Jul 28 14:07:05 centos02 Keepalived_vrrp[4364]: VRRP_Instance(HA_1) Sending gratuitous ARPs on eth0 for 172.16.80.100
Jul 28 14:07:05 centos02 Keepalived_healthcheckers[4363]: Netlink reflector reports IP 172.16.80.100 added
Jul 28 14:07:10 centos02 Keepalived_vrrp[4364]: VRRP_Instance(HA_1) Sending gratuitous ARPs on eth0 for 172.16.80.100
同时在主节点上面抓包,我们来简单分析下这个包
[root@centos01 keepalived]# tcpdump -i eth0 -n -vvv -s0 -w httpd.cap
源IP对应的是主节点的IP地址 172.16.80.116,而目的地址是组播 224.0.0.18,当我们把主节点上面httpd服务停止时,可以看到 主节点上面优先级立刻变成0,也看到这里是明文传输的,密码 1111,接下来我们看下一个包
我们可以看到这个包源IP地址变成了备用节点的IP地址 172.16.80.117,而目标地址依然是224.0.0.18
从优先级85 我们也可知道这是备用节点设置的优先级
查看vip漂移情况
主节点IP,可以看到没有vip地址
[root@centos01 keepalived]# ip addr
1: lo:
link/loopback 00:00:00:00:00:00 brd 00:00:00:00:00:00
inet 127.0.0.1/8 scope host lo
inet6 ::1/128 scope host
valid_lft forever preferred_lft forever
2: eth0:
link/ether 00:0c:29:4c:62:c9 brd ff:ff:ff:ff:ff:ff
inet 172.16.80.116/24 brd 172.16.80.255 scope global eth0
inet6 fe80::20c:29ff:fe4c:62c9/64 scope link
valid_lft forever preferred_lft forever
备用节点,可以看到vip地址漂移到备用节点这里
[root@centos02 keepalived]# ip addr
1: lo:
link/loopback 00:00:00:00:00:00 brd 00:00:00:00:00:00
inet 127.0.0.1/8 scope host lo
inet6 ::1/128 scope host
valid_lft forever preferred_lft forever
2: eth0:
link/ether 00:0c:29:45:fe:30 brd ff:ff:ff:ff:ff:ff
inet 172.16.80.117/24 brd 172.16.80.255 scope global eth0
inet 172.16.80.100/32 scope global eth0
inet6 fe80::20c:29ff:fe45:fe30/64 scope link
valid_lft forever preferred_lft forever
2、故障恢复切换分析
在主用节点上面启动httpd,观察日志
主节点上面
[root@centos01 keepalived]# tail -f /var/log/messages|grep -v "PYTHON"
Jul 28 14:39:38 centos01 Keepalived_vrrp[65334]: VRRP_Script(check_httpd) succeeded
Jul 28 14:39:38 centos01 Keepalived_vrrp[65334]: VRRP_Instance(HA_1) prio is higher than received advert
Jul 28 14:39:38 centos01 Keepalived_vrrp[65334]: VRRP_Instance(HA_1) Transition to MASTER STATE
Jul 28 14:39:38 centos01 Keepalived_vrrp[65334]: VRRP_Instance(HA_1) Received lower prio advert, forcing new election
Jul 28 14:39:40 centos01 Keepalived_vrrp[65334]: VRRP_Instance(HA_1) Entering MASTER STATE
Jul 28 14:39:40 centos01 Keepalived_vrrp[65334]: VRRP_Instance(HA_1) setting protocol VIPs.

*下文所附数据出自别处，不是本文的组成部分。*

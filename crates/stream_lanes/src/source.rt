ghost use Rattle.std.specs.Prelude.{◌≡◌, ◌+◌, ◌<◌, ◌≤◌, [], false, length, min, Ok, OnOk};
ghost use mathlib.Core.List.{IsPrefix};
ghost use Rattle.block_library.specs.Producer.{FitsPlan};
ghost use Rattle.credit_lane.specs.declared.plan.LanePlan.TheVariants.{Producer};
ghost use Rattle.stream_lanes.specs.Working.{Fills};

use crate::Gate;
use block_library::TxPlan;
use credit_lane::{LaneRx, LaneTx, meet};
use rf_base::Memory;
use std::alloc::Global;
use std::marker::Model;

/// The worker of a stream that a Tx fills: it puts what the Tx makes into the stream's lane.
#[derive(Drop)]
pub struct Source<'a> {
    stream: u16,
    tx: LaneTx<'a>,
    makes: TxPlan,
    /// The number of the next packet to put.
    next: u32,
    /// Whether any packet was put in the last round.
    moved: bool,
    /// How the last round went.
    ended: Result<(), Memory>,
}

impl<'a> Model for Source<'a> {
    ghost use Rattle.stream_lanes.specs.Sides.{SourceSide};

    ghost Value = { SourceSide };

    ghost use Rattle.stream_lanes.specs.Inside.{source_side, KeepsSource};

    ghost view = { source_side };

    ghost invariant = { KeepsSource };
}

impl<'a> Source<'a> {
    /// The worker of a stream over an end of an empty lane for what its Tx makes.
    pub fn new(stream: u16, tx: LaneTx<'a>, makes: TxPlan) -> Source<'a>
        requires fits { FitsPlan makes }
        requires lane { tx.lane.plan ≡ Producer makes }
        requires none { tx.put ≡ [] }
        ensures stream { result.stream ≡ stream }
        ensures tx { result.tx ≡ tx.entry }
        ensures makes { result.makes ≡ makes }
        ensures idle { (result.moved ≡ false) × (result.ended ≡ Ok (record {})) }
    {
        Source {
            stream,
            tx,
            makes,
            next: 0,
            moved: false,
            ended: Ok(()),
        }
    }
}

impl Source<'_> {
    /// Whether any packet was put in the last round.
    pub fn moved(&self) -> bool
        ensures { result ≡ self.now.moved }
    {
        self.moved
    }

    /// How the last round went.
    pub fn ended(&self) -> Result<(), Memory>
        ensures { result ≡ self.now.ended }
    {
        self.ended
    }

    /// Tells each end of the lane what the other one did, between two rounds.
    pub fn meet(&mut self, rx: &mut LaneRx<'_>)
        requires { self.old.tx.lane ≡ rx.old.lane }
        ensures worker { self.new ≡ record self.old { tx = self.new.tx } }
        ensures lane { (self.new.tx.lane ≡ self.old.tx.lane) × (rx.new.lane ≡ rx.old.lane) }
        ensures kept { (self.new.tx.put ≡ self.old.tx.put) × (rx.new.got ≡ rx.old.got) }
        ensures known { (self.new.tx.taken ≡ length rx.old.got) × (rx.new.known ≡ self.old.tx.put) }
        ensures order { IsPrefix rx.old.got self.old.tx.put }
    {
        meet(&mut self.tx, rx);
    }

    /// One round: looks once, and puts all that there is room for then.
    ///
    /// The worker keeps how the round went.
    pub(crate) fn work<G: Gate>(&mut self, alloc: Global, gate: &G)
        ensures { Fills self.old self.new }
    {
        let before = self.next;
        self.tx.look_taken();
        self.ended = fill(
            alloc,
            gate,
            self.stream,
            &self.makes,
            &mut self.tx,
            &mut self.next,
        );
        self.moved = before < self.next;
    }
}

/// Puts the next packets of a Tx into its lane, while there is room and any is left.
#[tactic(auto, using(crate::proofs::Lists::lists))]
fn fill<G: Gate>(
    alloc: Global,
    gate: &G,
    stream: u16,
    makes: &TxPlan,
    tx: &mut LaneTx<'_>,
    next: &mut u32,
) -> Result<(), Memory>
    requires fits { FitsPlan makes.now × (tx.old.lane.plan ≡ Producer makes.now) }
    requires next { (next.old ≡ length tx.old.put) × (next.old ≤ makes.now.packets) }
    ensures lane { (tx.new.lane ≡ tx.old.lane) × (tx.new.taken ≡ tx.old.taken) }
    ensures next { (next.new ≡ length tx.new.put) × (next.new ≤ makes.now.packets) }
    ensures longer { IsPrefix tx.old.put tx.new.put }
    ensures full { OnOk result (length tx.new.put ≡ min makes.now.packets (tx.new.lane.room + tx.new.taken)) }
{
    while tx.room() > 0 && *next < makes.packets {
        let packet = makes.packet(alloc, *next)?;
        gate.pass(stream, u64::from(*next));
        tx.put(packet);
        *next += 1;
    }
    Ok(())
}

Jul 28 14:39:40 centos01 Keepalived_healthcheckers[65333]: Netlink reflector reports IP 172.16.80.100 added
Jul 28 14:39:40 centos01 Keepalived_vrrp[65334]: VRRP_Instance(HA_1) Sending gratuitous ARPs on eth0 for 172.16.80.100
Jul 28 14:39:46 centos01 Keepalived_vrrp[65334]: VRRP_Instance(HA_1) Sending gratuitous ARPs on eth0 for 172.16.80.100
可以看到vip地址再次漂移回主节点上面
备用节点log
[root@centos02 keepalived]# tail -f /var/log/messages|grep -v "PYTHON"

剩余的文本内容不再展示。